§ Exercise brief
Select every line below containing the word "usize".

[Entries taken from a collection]
-=-=-

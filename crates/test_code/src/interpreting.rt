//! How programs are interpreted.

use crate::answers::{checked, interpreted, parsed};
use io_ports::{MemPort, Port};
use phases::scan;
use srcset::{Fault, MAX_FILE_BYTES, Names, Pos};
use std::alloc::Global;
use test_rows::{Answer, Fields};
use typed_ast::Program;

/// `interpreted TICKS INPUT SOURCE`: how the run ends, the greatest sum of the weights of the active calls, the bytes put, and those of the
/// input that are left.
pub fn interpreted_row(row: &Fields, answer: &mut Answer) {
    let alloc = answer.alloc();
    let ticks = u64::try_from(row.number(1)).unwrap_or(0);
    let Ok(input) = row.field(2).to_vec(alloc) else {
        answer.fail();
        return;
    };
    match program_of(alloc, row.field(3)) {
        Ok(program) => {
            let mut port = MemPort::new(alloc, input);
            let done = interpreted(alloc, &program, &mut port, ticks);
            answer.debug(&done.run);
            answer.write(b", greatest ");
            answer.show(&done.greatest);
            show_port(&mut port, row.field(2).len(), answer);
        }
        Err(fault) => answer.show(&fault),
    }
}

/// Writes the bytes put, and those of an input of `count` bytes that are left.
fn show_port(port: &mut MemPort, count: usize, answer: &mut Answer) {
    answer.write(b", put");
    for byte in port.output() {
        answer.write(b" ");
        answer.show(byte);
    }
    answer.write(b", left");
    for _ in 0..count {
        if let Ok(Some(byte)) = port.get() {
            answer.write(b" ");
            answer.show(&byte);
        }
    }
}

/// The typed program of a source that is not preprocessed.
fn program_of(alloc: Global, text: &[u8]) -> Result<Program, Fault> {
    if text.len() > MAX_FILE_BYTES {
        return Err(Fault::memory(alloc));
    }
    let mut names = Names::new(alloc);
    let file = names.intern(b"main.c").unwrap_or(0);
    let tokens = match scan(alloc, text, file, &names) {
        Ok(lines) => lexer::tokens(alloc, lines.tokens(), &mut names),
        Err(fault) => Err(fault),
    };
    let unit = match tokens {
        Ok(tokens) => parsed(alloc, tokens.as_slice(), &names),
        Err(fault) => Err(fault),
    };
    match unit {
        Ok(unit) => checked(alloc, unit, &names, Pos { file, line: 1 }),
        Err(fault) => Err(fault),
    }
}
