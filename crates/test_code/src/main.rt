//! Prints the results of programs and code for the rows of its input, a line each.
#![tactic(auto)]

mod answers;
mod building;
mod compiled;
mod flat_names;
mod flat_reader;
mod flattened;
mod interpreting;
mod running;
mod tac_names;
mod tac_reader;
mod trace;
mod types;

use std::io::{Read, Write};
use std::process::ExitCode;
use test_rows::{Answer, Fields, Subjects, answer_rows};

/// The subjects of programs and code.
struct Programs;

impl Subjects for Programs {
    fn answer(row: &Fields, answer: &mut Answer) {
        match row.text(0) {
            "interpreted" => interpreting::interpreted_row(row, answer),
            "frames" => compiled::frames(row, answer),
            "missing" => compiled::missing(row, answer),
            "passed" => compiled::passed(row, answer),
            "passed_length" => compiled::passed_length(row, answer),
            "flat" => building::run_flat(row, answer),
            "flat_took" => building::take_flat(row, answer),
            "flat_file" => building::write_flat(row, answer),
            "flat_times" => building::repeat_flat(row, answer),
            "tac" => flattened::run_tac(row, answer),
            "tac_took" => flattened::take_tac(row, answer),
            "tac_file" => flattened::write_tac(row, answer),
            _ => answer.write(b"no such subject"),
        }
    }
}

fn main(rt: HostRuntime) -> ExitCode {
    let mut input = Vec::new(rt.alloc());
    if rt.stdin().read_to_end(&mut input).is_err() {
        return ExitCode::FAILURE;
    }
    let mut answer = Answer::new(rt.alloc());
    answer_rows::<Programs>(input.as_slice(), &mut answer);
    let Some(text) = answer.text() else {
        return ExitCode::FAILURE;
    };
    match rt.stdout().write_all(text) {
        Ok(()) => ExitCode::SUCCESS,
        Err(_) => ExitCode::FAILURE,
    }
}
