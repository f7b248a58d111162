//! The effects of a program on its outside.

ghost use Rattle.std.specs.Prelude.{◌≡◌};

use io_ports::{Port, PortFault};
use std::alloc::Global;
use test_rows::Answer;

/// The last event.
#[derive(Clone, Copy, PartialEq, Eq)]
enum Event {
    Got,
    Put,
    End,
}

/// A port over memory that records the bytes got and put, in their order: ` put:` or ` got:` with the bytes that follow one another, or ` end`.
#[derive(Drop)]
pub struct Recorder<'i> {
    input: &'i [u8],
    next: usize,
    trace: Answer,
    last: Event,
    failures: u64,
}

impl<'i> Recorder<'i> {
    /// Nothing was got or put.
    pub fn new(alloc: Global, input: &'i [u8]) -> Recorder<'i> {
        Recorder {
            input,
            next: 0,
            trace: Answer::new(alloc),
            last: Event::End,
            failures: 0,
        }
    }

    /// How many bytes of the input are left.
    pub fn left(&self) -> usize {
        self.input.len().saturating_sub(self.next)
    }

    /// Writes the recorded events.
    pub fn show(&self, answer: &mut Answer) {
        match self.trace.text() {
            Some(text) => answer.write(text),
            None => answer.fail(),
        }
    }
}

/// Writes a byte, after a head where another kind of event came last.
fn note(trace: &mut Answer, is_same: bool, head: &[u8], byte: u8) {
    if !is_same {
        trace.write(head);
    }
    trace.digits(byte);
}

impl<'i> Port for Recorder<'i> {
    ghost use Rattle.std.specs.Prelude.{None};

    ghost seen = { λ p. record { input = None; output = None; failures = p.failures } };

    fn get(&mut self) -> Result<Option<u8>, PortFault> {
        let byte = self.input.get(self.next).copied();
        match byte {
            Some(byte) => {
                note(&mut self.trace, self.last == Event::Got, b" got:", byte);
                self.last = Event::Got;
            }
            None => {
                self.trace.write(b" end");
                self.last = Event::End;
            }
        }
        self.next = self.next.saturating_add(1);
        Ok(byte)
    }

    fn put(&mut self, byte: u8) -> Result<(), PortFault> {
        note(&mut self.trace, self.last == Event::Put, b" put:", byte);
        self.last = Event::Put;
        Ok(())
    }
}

-=-=-

§ Result below
fn show_port(port: &mut MemPort, count: usize, answer: &mut Answer) {
    next: usize,
    pub fn left(&self) -> usize {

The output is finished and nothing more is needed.